In some parts of the world, acts as simple as composting can effectively lessen the spread of antibiotic-resistant pathogens, one WSU researcher said.

Douglass Call, a professor and researcher in the Paul G. Allen School of Global Animal Health, specializes in the study of antibiotic resistance, particularly from an ecological standpoint.

According to the Center for Disease Control (CDC), 23,000 people die every year from antibiotic resistant infections in the United States. Call approaches this issue, but addresses it in the developing world.

He is currently in Tanzania studying the impact antibiotic resistance has there, and is starting more work in Kenya.

Part of his research involves studying the connectivity between livestock and people, which allows diseases to spread.

“The healthier you keep people’s livestock has a huge impact on the health of the family,” Call said. “Healthy animals lead to healthy people.”

He said the way people live in America is separate from what they eat. However, he said this is not the case in all parts of the world.

“People are so closely connected to their food and water supplies,” Call said about people of Tanzania. “It’s a daily question for them.”

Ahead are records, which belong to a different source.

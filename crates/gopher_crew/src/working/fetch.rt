//! `Fetch`: what a worker fetches replies with.

ghost use Rattle.std.specs.Prelude.{◌≡◌, ℕ, ◌≤◌, vec_len, IfOk};
ghost use Rattle.gopher_item.specs.Place.{PlaceData};
ghost use Rattle.gopher_catalogue.specs.Closure.{OutcomeData};
ghost use Rattle.gopher_crew.specs.Rounds.{one_more_call, outcome_of};

use gopher_catalogue::Why;
use gopher_item::Place;
use std::alloc::Global;

/// Counts a fetcher's calls, and says for contracts what a call did. `Fetch` has the runtime as a
/// parameter, so these have their own trait: `fetcher.calls()` names no runtime.
///
/// `called` is the number that `calls` returns. `fetches` relates the fetcher before and after a
/// call, the place and the limit of the call, and its outcome: the bytes, or the reason why there
/// are none.
pub trait Calls {
    ghost called: { Self → ℕ };

    ghost fetches: { Self → Self → PlaceData → ℕ → OutcomeData → Type 0 };

    /// Returns the number of fetches, failed or not. It stays at the last value of a `u64`.
    fn calls(&self) -> u64
        ensures { result ≡ called self.now };
}

/// Fetches the replies of places, and is told what was recorded of each fetch. `R` is the runtime
/// that it needs. A fetch over a network waits for its peer; one from memory needs no runtime.
pub trait Fetch<R>: Calls {
    /// Fetches the reply of a place, at most `limit` bytes, which is at most 1,048,576 (`MAX_REPLY`
    /// of gopher_text). Returns the reason if there is none.
    fn fetch(&mut self, rt: &R, alloc: Global, place: &Place, limit: usize) -> Result<Vec<u8>, Why>
        requires { limit ≤ 1048576 }
        ensures within { IfOk result (λ bytes. vec_len bytes ≤ limit) }
        ensures calls { Self.called self.new ≡ one_more_call (Self.called self.old) }
        ensures fetched { Self.fetches self.old self.new place.now limit (outcome_of result) };

    /// Is told what was recorded of a place with this number: `None` if its page was found, and
    /// otherwise the reason why it failed. The reason can differ from that of the fetch: it is
    /// `NoMemory` (5) if the page had no memory, or was past the limit of memory.
    ///
    /// A worker calls it once for each place that it found or failed, after the fetch, and holds no
    /// lock of the desk. If nothing is recorded, because the number is no longer out, there is no
    /// call.
    fn recorded(&self, _rt: &R, _number: u32, _place: &Place, _failed: Option<Why>) {}
}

To understand this relationship, one must understand human behavior, he said. This is part of his work in Tanzania as Call will work with a team and a translator to interview Tanzanian families. So far, he and his team have interviewed about 200 households.

He described the population he worked with as nice, generous and very curious. He said they often get a reverse interview where the people question them.

During the interviews, he inquires about their recent health and tries to understand how they make decisions regarding health. He asks whether they prefer taking antibiotics or using indigenous healing methods when they are ill.

Antibiotic resistance is by no means a problem contained to places where animals and humans live in close quarters with each other, he said. The problems can spread quickly through food and people.

People give antibiotics to their farm animals for several reasons, he said. One, called a prophylactic, is giving an animal antibiotic in anticipation of disease. Another reason is a therapeutic use to treat disease. A third and more controversial reason is for use as a growth promoter. Drugs in the food supply seem to cause animals to grow better, at least on a poorly run farm, Call said.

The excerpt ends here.